\( \def\CC{{\mathbb C}} \def\RR{{\mathbb R}} \def\NN{{\mathbb N}} \def\ZZ{{\mathbb Z}} \def\TT{{\mathbb T}} \def\CF{{\operatorname{CF}^\bullet}} \def\HF{{\operatorname{HF}^\bullet}} \def\SH{{\operatorname{SH}^\bullet}} \def\ot{{\leftarrow}} \def\st{\;:\;} \def\Fuk{{\operatorname{Fuk}}} \def\emprod{m} \def\cone{\operatorname{Cone}} \def\Flux{\operatorname{Flux}} \def\li{i} \def\ev{\operatorname{ev}} \def\id{\operatorname{id}} \def\grad{\operatorname{grad}} \def\ind{\operatorname{ind}} \def\weight{\operatorname{wt}} \def\Sym{\operatorname{Sym}} \def\HeF{\widehat{CHF}^\bullet} \def\HHeF{\widehat{HHF}^\bullet} \def\Spinc{\operatorname{Spin}^c} \def\min{\operatorname{min}} \def\div{\operatorname{div}} \def\SH{{\operatorname{SH}^\bullet}} \def\CF{{\operatorname{CF}^\bullet}} \def\Tw{{\operatorname{Tw}}} \def\Log{{\operatorname{Log}}} \def\TropB{{\operatorname{TropB}}} \def\wt{{\operatorname{wt}}} \def\Span{{\operatorname{span}}} \def\Crit{\operatorname{Crit}} \def\CritVal{\operatorname{CritVal}} \def\FS{\operatorname{FS}} \def\Sing{\operatorname{Sing}} \def\Coh{\operatorname{Coh}} \def\Vect{\operatorname{Vect}} \def\into{\hookrightarrow} \def\tensor{\otimes} \def\CP{\mathbb{CP}} \def\eps{\varepsilon} \) SympSnip:

There is a relation between exact triangles in \(A_\infty\) categories and the \(m^3\) product operation.

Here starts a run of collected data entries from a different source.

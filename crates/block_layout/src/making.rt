ghost use Rattle.std.specs.Prelude.{◌≡◌, length, IfOk, map, ◌++◌};
ghost use Rattle.block_layout.specs.Cells.{layout_element, preset_of, udt_element};
ghost use Rattle.block_layout.specs.DeclarationFacts.{cell_with, cells_by};

use crate::cells::{Cell, Element, Preset};
use crate::constants::bits_of;
use crate::declaration_facts::DeclarationFacts;
use crate::declarations::number_at;
use crate::types::Types;
use std::alloc::{AllocError, Global};
use stl_ast::{Declaration, ElementType, Init, Name, PartKind, Sequence};

/// What an element type comes to.
fn layout_element(types: &Types, of: &ElementType) -> Element
    ensures { result ≡ layout_element types.now of.now }
{
    match of {
        ElementType::Plain { kind } => Element::Plain { kind: *kind },
        ElementType::Structure => Element::Structure,
        ElementType::DateAndTime => Element::DateAndTime,
        ElementType::Udt { name } => match types.data_type(name) {
            None => Element::Unknown,
            Some(block) => Element::Udt {
                block,
                bits: number_at(&types.bits, block),
            },
        },
    }
}

/// The initial values of a declaration.
fn presets(alloc: Global, init: &[Init]) -> Result<Vec<Preset>, AllocError>
    ensures { IfOk result (λ v. v.items ≡ map preset_of init.now) }
{
    let mut presets = Vec::new(alloc);
    for i in init {
        presets.push(Preset {
            count: i.count.unwrap_or(1),
            value: bits_of(&i.value),
        })?;
    }
    Ok(presets)
}

/// The cell of a declaration.
#[tactic(auto, unfolding(crate::specs::DeclarationFacts::cell_with))]
pub(crate) fn cell_with(
    alloc: Global,
    types: &Types,
    section: PartKind,
    sound: bool,
    opens: bool,
    declaration: &Declaration,
) -> Result<Cell, AllocError>
    ensures { IfOk result (λ c. c ≡ cell_with types.now section sound opens declaration.now) }
{
    let name = declaration.name.as_bytes().to_ascii_uppercase(alloc)?;
    let bounds = declaration.of.arrays.as_slice().to_vec(alloc)?;
    let presets = presets(alloc, declaration.init.as_slice())?;
    Ok(Cell {
        name: Name::from_vec(name),
        section,
        level: declaration.level,
        opens,
        sound,
        bounds: Sequence::from_vec(bounds),
        of: layout_element(types, &declaration.of.of),
        presets: Sequence::from_vec(presets),
    })
}

/// Adds the cells of declarations behind others; `begun` says that a sound one of the section is
/// among those.
#[tactic(auto, using(crate::proofs::CellLemmas::cells_next))]
pub(crate) fn add_cells(
    alloc: Global,
    types: &Types,
    section: PartKind,
    begun: bool,
    declarations: &[Declaration],
    all_facts: &[DeclarationFacts],
    cells: &mut Vec<Cell>,
) -> Result<(), AllocError>
    requires { length all_facts.now ≡ length declarations.now }
    ensures { IfOk result (λ _. cells.new.items ≡ cells.old.items
        ++ cells_by types.now section begun all_facts.now declarations.now) }
{
    let mut begun = begun;
    for i in 0..declarations.len() {
        let sound = all_facts[i].sound;
        let one = cell_with(
            alloc,
            types,
            section,
            sound,
            !begun && sound,
            &declarations[i],
        )?;
        cells.push(one)?;
        begun = begun || sound;
    }
    Ok(())
}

Given \(A\xrightarrow{f}B \xrightarrow{g}C\xrightarrow{h}A[1]\) an exact triangle, where \(f, g, h\) are chain maps, with the additional assumption that \begin{align*} \emprod^2(g, f)=0&& \emprod^2(f, h)=0 && \emprod^2(h, g)=0. \end{align*} Then we have maps between \(C\) and the twisted cone by \begin{align*} C\xrightarrow{h} \cone(f:A\to B)&& \cone(f:A\to B) \xrightarrow{g} C. \end{align*} Now, \(\emprod^2_{Tw}(h, g)=\emprod^3(g,f,h)_{\mathcal A}\), which is the identity in the homology category.